> Activity
From the entries that follow, reproduce exactly and only the lines from the line with "let sources = sources_by_path(alloc, source_map)?;" to the line with "one more file.", endpoints included.

> Given data

//! Groups of packages from the files of a source map.
ghost use Rattle.std.specs.Prelude.{◌≡◌, IfErr, IfOk, IsNone, map};
ghost use Rattle.std.specs.List.{AllByRecursion};
ghost use Rattle.wit_data.specs.Each.{Each};
ghost use Rattle.wit_data.specs.Shape.{IsGroupShaped, IsShaped};
ghost use Rattle.wit_groups.specs.Files.{HasFiles, source_map_of};

use crate::fault::{Fault, GroupFault, GroupFaultKind, RuleFault};
use crate::gates::docs_of;
use crate::package_names::{package_name, package_span};
use crate::packages::{PackageHead, make_package};
use crate::sources::{Source, sources_by_path};
use crate::written::Part;
use std::alloc::{AllocError, Global};
use wit_data::{
    Docs, Items, PackageName, SourceMap, Span, TryClone, UnresolvedPackage, UnresolvedPackageGroup,
};
use wit_shape::{ShapeFault, find_shape_fault};
use wit_text::read_file;
use wit_text::syntax::{File, Header, NestedPackage};

/// The packages of the files of one package: the main one, and those in braces.
///
/// The files are read in the order of their paths, as wit-parser reads them. The first fault is told, in the words of
/// wit-parser, with the files.
///
/// Source: `parse` of `SourceMap` of wit-parser 0.263.0.
pub fn read_group(
    alloc: Global,
    source_map: SourceMap,
) -> Result<UnresolvedPackageGroup, GroupFault>
    ensures shaped { IfOk result (λ group. IsGroupShaped group) }
    ensures files { IfOk result (λ group. group.source_map ≡ source_map) }
    ensures fault { IfErr result (HasFiles source_map) }
{
    match read_packages(alloc, &source_map) {
        Ok(Packages { main, nested }) => shaped_group(alloc, main, nested, source_map),
        Err(fault) => Err(fault.of_files(source_map)),
    }
}

/// The group of these packages, if they have their shape.
fn shaped_group(
    alloc: Global,
    main: UnresolvedPackage,
    nested: Items<UnresolvedPackage>,
    source_map: SourceMap,
) -> Result<UnresolvedPackageGroup, GroupFault>
    ensures shaped { IfOk result (λ group. IsGroupShaped group) }
    ensures files { IfOk result (λ group. group.source_map ≡ source_map) }
    ensures fault { IfErr result (HasFiles source_map) }
{
    match first_shape_fault(alloc, &main, nested.as_slice()) {
        Ok(None) => Ok(UnresolvedPackageGroup {
            main,
            nested,
            source_map,
        }),
        Ok(Some((span, fault))) => Err(GroupFault::Text {
            source_map,
            span,
            kind: GroupFaultKind::Shape(fault),
        }),
        Err(refused) => Err(GroupFault::from(refused)),
    }
}

/// The first fault of the shape of packages, and where the name of the package stands. None where each has its shape.
fn first_shape_fault(
    alloc: Global,
    main: &UnresolvedPackage,
    nested: &[UnresolvedPackage],
) -> Result<Option<(Span, ShapeFault)>, AllocError>
    ensures { IfOk result
        (λ found. IsNone found → (IsShaped main.now) × (Each IsShaped nested.now)) }
{
    match find_shape_fault(alloc, main)? {
        Some(fault) => Ok(Some((main.package_name_span, fault))),
        None => nested_shape_fault(alloc, nested),
    }
}

/// The same of packages in braces.
fn nested_shape_fault(
    alloc: Global,
    nested: &[UnresolvedPackage],
) -> Result<Option<(Span, ShapeFault)>, AllocError>
    ensures { IfOk result (λ found. IsNone found → Each IsShaped nested.now) }
{
    for package in nested {
        if let Some(fault) = find_shape_fault(alloc, package)? {
            return Ok(Some((package.package_name_span, fault)));
        }
    }
    Ok(None)
}

/// A group of packages, and those of the packages on which it depends.
#[derive(Drop)]
pub struct Groups {
    pub main: UnresolvedPackageGroup,
    pub deps: Items<UnresolvedPackageGroup>,
}

/// The packages of the files of a package, and those of its dependencies, each from its files. The
/// first fault is told: of the main package before those of others.
pub fn read_groups(
    alloc: Global,
    main: SourceMap,
    deps: Items<SourceMap>,
) -> Result<Groups, GroupFault>
    ensures main { IfOk result (λ groups. IsGroupShaped groups.main) }
    ensures deps { IfOk result (λ groups. AllByRecursion IsGroupShaped groups.deps) }
    ensures main_files { IfOk result (λ groups. groups.main.source_map ≡ main) }
    ensures deps_files { IfOk result (λ groups. map source_map_of groups.deps ≡ deps) }
{
    let main = read_group(alloc, main)?;
    let deps = read_each(alloc, deps)?;
    Ok(Groups { main, deps })
}

fn read_each(
    alloc: Global,
    maps: Items<SourceMap>,
) -> Result<Items<UnresolvedPackageGroup>, GroupFault>
    ensures shaped { IfOk result (λ groups. AllByRecursion IsGroupShaped groups) }
    ensures files { IfOk result (λ groups. map source_map_of groups ≡ maps) }
{
    let mut groups = Items::new(alloc);
    for source_map in maps.into_vec() {
        let group = read_group(alloc, source_map)?;
        groups.push(group)?;
    }
    Ok(groups)
}

/// The packages of a group.
#[derive(Drop)]
struct Packages {
    main: UnresolvedPackage,
    nested: Items<UnresolvedPackage>,
}

/// A file that was read.
#[derive(Drop)]
struct FileRead<'a> {
    text: &'a str,
    file: File,
}

/// What the files that were read say: their packages in braces, what the main package is called, and whether a header has
/// comments before it.
#[derive(Drop)]
struct Reading<'a> {
    alloc: Global,
    nested: Items<UnresolvedPackage>,
    head: Option<PackageHead>,
    has_comments: bool,
    files: Items<FileRead<'a>>,
}

fn read_packages(alloc: Global, source_map: &SourceMap) -> Result<Packages, Fault> {
    let sources = sources_by_path(alloc, source_map)?;
    let mut reading = Reading {
        alloc,
        nested: Items::new(alloc),
        head: None,
        has_comments: false,
        files: Items::new(alloc),
    };
    for source in sources.iter() {
        reading.add(*source)?;
    }
    reading.finish()
}

impl<'a> Reading<'a> {
    /// Reads one more file.
    fn add(&mut self, source: Source<'a>) -> Result<(), Fault> {
        let file = read_file(self.alloc, source.text, source.start)?;
        for package in file.packages.iter() {
            let made = nested_package(self.alloc, source.text, &file, package)?;
            self.nested.push(made)?;
        }
        if let Some(header) = &file.header {
            self.add_header(source.text, header)?;
        }
        self.files.push(FileRead {
            text: source.text,
            file,
        })?;
        Ok(())
    }

    /// Notes of which package a file is.
    fn add_header(&mut self, source: &str, header: &Header) -> Result<(), Fault> {
        let name = package_name(self.alloc, source, &header.name)?;
        let span = package_span(&header.name);
        self.check_name(&name, span)?;
        if let Some(comments) = &header.docs {
            if self.has_comments {
                return Err(Fault::rule(comments.span, RuleFault::SecondDocs));
            }
            self.has_comments = true;
        }
        let docs = docs_of(self.alloc, source, &header.docs)?;
        self.set_head(name, span, docs);
        Ok(())
    }

    /// Whether a file is of the package of those before it.
    fn check_name(&self, name: &PackageName, span: Span) -> Result<(), Fault> {
        match &self.head {
            Some(head) if head.name != *name => {
                let kind = GroupFaultKind::OtherPackage {
                    name: name.try_clone()?,
                    previous: head.name.try_clone()?,
                };
                Err(Fault::At(span, kind))
            }
            _ => Ok(()),
        }
    }

    /// Notes what the package is called here, and its documentation if it has none yet.
    fn set_head(&mut self, name: PackageName, span: Span, docs: Docs) {
        let known = match self.head.take() {
            Some(head) => head.docs,
            None => Docs::none(),
        };
        let docs = if known.contents.is_some() {
            known
        } else {
            docs
        };
        self.head = Some(PackageHead { name, span, docs });
    }

    /// The packages of the files.
    fn finish(self) -> Result<Packages, Fault> {
        let Reading {
            alloc,
            nested,
            head,
            files,
            has_comments: _,
        } = self;
        let Some(head) = head else {
            return Err(Fault::rule(Span::unknown(), RuleFault::NoPackage));
        };
        let parts = parts_of(alloc, files.as_slice())?;
        let main = make_package(alloc, head, parts.as_slice())?;
        Ok(Packages { main, nested })
    }
}

/// What files say of their package.
fn parts_of<'a>(alloc: Global, files: &'a [FileRead<'a>]) -> Result<Items<Part<'a>>, AllocError> {
    let mut parts = Items::new(alloc);
    for read in files {
        parts.push(Part {
            source: read.text,
            types: read.file.types.as_slice(),
            items: read.file.items.as_slice(),
        })?;
    }
    Ok(parts)
}

/// A package in braces of a file.
fn nested_package(
    alloc: Global,
    source: &str,
    file: &File,
    package: &NestedPackage,
) -> Result<UnresolvedPackage, Fault> {
    if let Some(inner) = package.inner.first() {
        let span = package_span(inner);
        return Err(Fault::rule(span, RuleFault::NestedTooDeep));
    }
    let head = PackageHead {
        name: package_name(alloc, source, &package.name)?,
        span: package_span(&package.name),
        docs: docs_of(alloc, source, &package.docs)?,
    };
    let part = Part {
        source,
        types: file.types.as_slice(),
        items: package.items.as_slice(),
    };
    make_package(alloc, head, &[part])
}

> The completed task
    let sources = sources_by_path(alloc, source_map)?;
    let mut reading = Reading {
        alloc,
        nested: Items::new(alloc),
        head: None,
        has_comments: false,
        files: Items::new(alloc),
    };
    for source in sources.iter() {
        reading.add(*source)?;
    }
    reading.finish()
}

impl<'a> Reading<'a> {
    /// Reads one more file.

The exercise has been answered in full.